Fano factor as function of bias voltage. Parameters are the same as in Fig. 6. The sharp peak at $V=295k_{\text{B}}T$ arises at the onset of spin excitations (dashed, blue line in Fig. 4).

Figure 8

(Color online) Probabilities to find the impurity in spin state $|S_z⟩$ as a function of bias voltage (upper panel). The middle (lower) panel shows the probability to find the system in the state $|\uparrow ⟩\otimes |S_z⟩\left(|\downarrow ⟩\otimes |S_z⟩\right)$. Parameters are the same as in Fig. 6.

Figure 9

(Color online) Current as a function of bias voltage for perpendicular magnetizations for $p=0.9$ and ${\Gamma }_{\text{L}}={\Gamma }_{\text{R}}=10J_{\text{R}}$. Black curves are for $\eta =+1$ while gray (red) curves are for $\eta =-1$. For the upper panel, $\epsilon =-300k_{\text{B}}T$ while for the lower panel $\epsilon =50k_{\text{B}}T$. Other parameters as in Fig. 3. While the solid lines represent the full result, for the dashed curves the exchange field was set to zero by hand.

Figure 10

(Color online) $x$, $y$, and $z$ component of the average dot spin and $z$ component of the average impurity spin for perpendicular magnetizations as function of bias voltage for positive (upper panel) and negative (lower panel) sign of the interference term.
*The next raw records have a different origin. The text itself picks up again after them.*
//! Statuses of jobs.

ghost use Rattle.std.specs.Prelude.{◌≡◌, [], IfOk};
ghost use Rattle.fax_value.specs.Gives.{Gives, Tells};
ghost use Rattle.fax_value.specs.TextFault.{is_no_memory};
ghost use Rattle.fax_value.specs.Value.{IsStatus};

use crate::text_fault::TextFault;
use crate::value::is_status;
use std::alloc::{AllocError, Global};
use std::marker::Model;

/// What a job's status line says. The texts that the queue itself gives take no memory.
pub struct Status {
    text: StatusText,
}

// By hand, so that a proof lets it go in one step.
impl Drop for Status {
    fn drop(self) {
        let Status { text: _ } = self;
    }
}

impl Model for Status {
    ghost use Rattle.std.specs.Prelude.{ℕ, List};

    ghost Value = { List ℕ };

    ghost use Rattle.fax_value.specs.Status.{text_of};
    ghost use Rattle.fax_value.specs.Value.{IsStatus};

    ghost view = { λ status. text_of status.text };

    ghost invariant = { λ status. IsStatus (text_of status.text) };
}

#[derive(Drop)]
enum StatusText {
    Empty,
    Killed,
    KillTimeExpired,
    TooManyDials,
    TooManyTries,
    UnableToTransmit,
    Given(String),
}

impl Status {
    ghost use Rattle.fax_value.specs.Status.{killed, kill_time_expired, too_many_dials, too_many_tries, unable_to_transmit, status_of};

    /// The empty text.
    pub fn empty() -> Status
        ensures { result ≡ [] }
    {
        Status {
            text: StatusText::Empty,
        }
    }

    /// `Killed`.
    pub fn killed() -> Status
        ensures { result ≡ killed }
    {
        Status {
            text: StatusText::Killed,
        }
    }

    /// `Kill time expired`.
    pub fn kill_time_expired() -> Status
        ensures { result ≡ kill_time_expired }
    {
        Status {
            text: StatusText::KillTimeExpired,
        }
    }

    /// `Too many attempts to dial`.
    pub fn too_many_dials() -> Status
        ensures { result ≡ too_many_dials }
    {
        Status {
            text: StatusText::TooManyDials,
        }
    }

    /// `Too many attempts to transmit`.
    pub fn too_many_tries() -> Status
        ensures { result ≡ too_many_tries }
    {
        Status {
            text: StatusText::TooManyTries,
        }
    }

    /// `Unable to transmit page`.
    pub fn unable_to_transmit() -> Status
        ensures { result ≡ unable_to_transmit }
    {
        Status {
            text: StatusText::UnableToTransmit,
        }
    }

    /// The status that the text is: no control character but tab and LF, not beginning with a blank,
    /// not ending with `\`.
    pub fn read(alloc: Global, text: &str) -> Result<Status, TextFault>
        ensures read { Gives is_no_memory result (status_of text.now) }
        ensures told { Tells result (status_of text.now) }
    {
        if !is_status(text.as_bytes()) {
            return Err(TextFault::Bad);
        }
        Ok(Status::given(alloc, text)?)
    }

    /// The status of a text that is one. The only error is want of memory.
    pub fn given(alloc: Global, text: &str) -> Result<Status, AllocError>
        requires { IsStatus text.now }
        ensures { IfOk result (λ status. status ≡ text.now) }
    {
        let text = String::from_str(alloc, text)?;
        Ok(Status {
            text: StatusText::Given(text),
        })
    }

    pub fn text(&self) -> &str
        ensures text { result.now ≡ self.now }
        ensures formed { IsStatus self.now }
    {
        match &self.text {
            StatusText::Empty => "",
            StatusText::Killed => "Killed",
            StatusText::KillTimeExpired => "Kill time expired",
            StatusText::TooManyDials => "Too many attempts to dial",
            StatusText::TooManyTries => "Too many attempts to transmit",
            StatusText::UnableToTransmit => "Unable to transmit page",
            StatusText::Given(text) => text.as_str(),
        }
    }
}
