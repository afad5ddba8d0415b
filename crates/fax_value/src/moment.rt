//! Moments, in whole seconds.

ghost use Rattle.std.specs.Prelude.{◌≡◌, ◌≤◌, ℕ, min, max};
ghost use Rattle.fax_value.specs.Limits.{last_moment};

use crate::limits::LAST_MOMENT;
use std::marker::Model;

/// A moment in whole seconds since 1970-01-01T00:00:00Z, from 0 to 4102444800.
#[derive(Clone, Copy, Debug, PartialEq, Eq, PartialOrd, Ord)]
pub struct Moment {
    seconds: u32,
}

impl Model for Moment {
    ghost Value = { ℕ };

    ghost view = { λ moment. moment.seconds };

    ghost invariant = { λ moment. moment.seconds ≤ last_moment };

    ghost inverse = { λ seconds. record { seconds = seconds } };
}

impl Moment {
    /// The moment of that many seconds. A greater number counts as 4102444800.
    pub fn new(seconds: u64) -> Moment
        ensures { result ≡ min seconds last_moment }
    {
        Moment {
            seconds: seconds.min(u64::from(LAST_MOMENT)) as u32,
        }
    }

    /// Seconds since 1970-01-01T00:00:00Z.
    pub fn seconds(self) -> u32
        ensures seconds { result ≡ self }
        ensures bound { result ≤ last_moment }
    {
        self.seconds
    }

    /// The later of the two.
    pub fn later(self, other: Moment) -> Moment
        ensures { result ≡ max self other }
    {
        if self.seconds < other.seconds {
            other
        } else {
            self
        }
    }
}
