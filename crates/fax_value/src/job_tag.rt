//! Tags that clients give their jobs.

ghost use Rattle.std.specs.Prelude.{◌≡◌, ℕ, List};
ghost use Rattle.std.specs.String.{string_bytes};
ghost use Rattle.fax_value.specs.Gives.{Gives, Tells};
ghost use Rattle.fax_value.specs.TextFault.{is_no_memory};
ghost use Rattle.fax_value.specs.JobTag.{is_job_tag, IsJobTag, job_tag_of};

use crate::text_fault::TextFault;
use crate::value::is_value;
use std::alloc::Global;
use std::marker::Model;

/// A client's tag of a job: at most 200 bytes, no control character but tab, not beginning with a
/// blank.
pub struct JobTag {
    text: String,
}

// By hand, so that a proof lets it go in one step.
impl Drop for JobTag {
    fn drop(self) {
        let JobTag { text: _ } = self;
    }
}

impl Model for JobTag {
    ghost Value = { List ℕ };

    ghost view = { λ tag. string_bytes tag.text };

    ghost invariant = { λ tag. IsJobTag (string_bytes tag.text) };
}

impl JobTag {
    /// The tag that the text is.
    pub fn read(alloc: Global, text: &str) -> Result<JobTag, TextFault>
        ensures read { Gives is_no_memory result (job_tag_of text.now) }
        ensures told { Tells result (job_tag_of text.now) }
    {
        if !is_job_tag(text.as_bytes()) {
            return Err(TextFault::Bad);
        }
        let text = String::from_str(alloc, text)?;
        Ok(JobTag { text })
    }

    pub fn as_str(&self) -> &str
        ensures text { result.now ≡ self.now }
        ensures formed { IsJobTag self.now }
    {
        self.text.as_str()
    }
}

fn is_job_tag(text: &[u8]) -> bool
    ensures { result ≡ is_job_tag text.now }
{
    text.len() <= 200 && is_value(text)
}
Parameters as in Fig. 9a.

Figure 11

(Color online) Frequency-dependent Fano factor for moderate ($p=0.3$, upper panel) and large ($p=0.9$, lower panel) polarizations. For $p=0.3$, an external magnetic field perpendicular $B_{\text{ext}}=1.5\Gamma$ is applied to the quantum dot alongs its quantization axis. Other parameters are the same as in Fig. 9, except that now $D=0$ and $\eta =+1$.

Figure 12

(Color online) Schematic of the conductance for the situation, where $B⪢\Gamma$, $J\lesssim \Gamma$. The lines indicate peaks in the differential conductance.

Figure 13

(Color online) Finite-frequency Fano factor for different values of the exchange coupling $J$. The Fano factor shows a peak at the Larmor frequency associated with the exchange field. Parameters are ${\Gamma }_{\text{L}}=2{\Gamma }_{\text{R}}$, $k_{\text{B}}T=10{\Gamma }_{\text{L}}$, $B=50k_{\text{B}}T$, $U=5B$, $\epsilon =B/2$, and $V=11B$.

Figure 14

(Color online) Frequency-dependent Fano factor as a function of frequency and external magnetic field (upper panel) or exchange coupling (lower panel). The level splittings calculated for a system of two exchange coupled spins in a magnetic field which is the sum of the exchange fields and the external fields are indicated by dotted lines. Parameters are $J=2\Gamma$ (upper panel), $B=2\Gamma$ (lower panel), ${\Gamma }_{\text{L}}=10{\Gamma }_{\text{R}}=0.05k_{\text{B}}T$, $\epsilon =50k_{\text{B}}T$, $V=105k_{\text{B}}T$, $U=150k_{\text{B}}T$, $p=0.9$, and $\varphi =\pi /2$.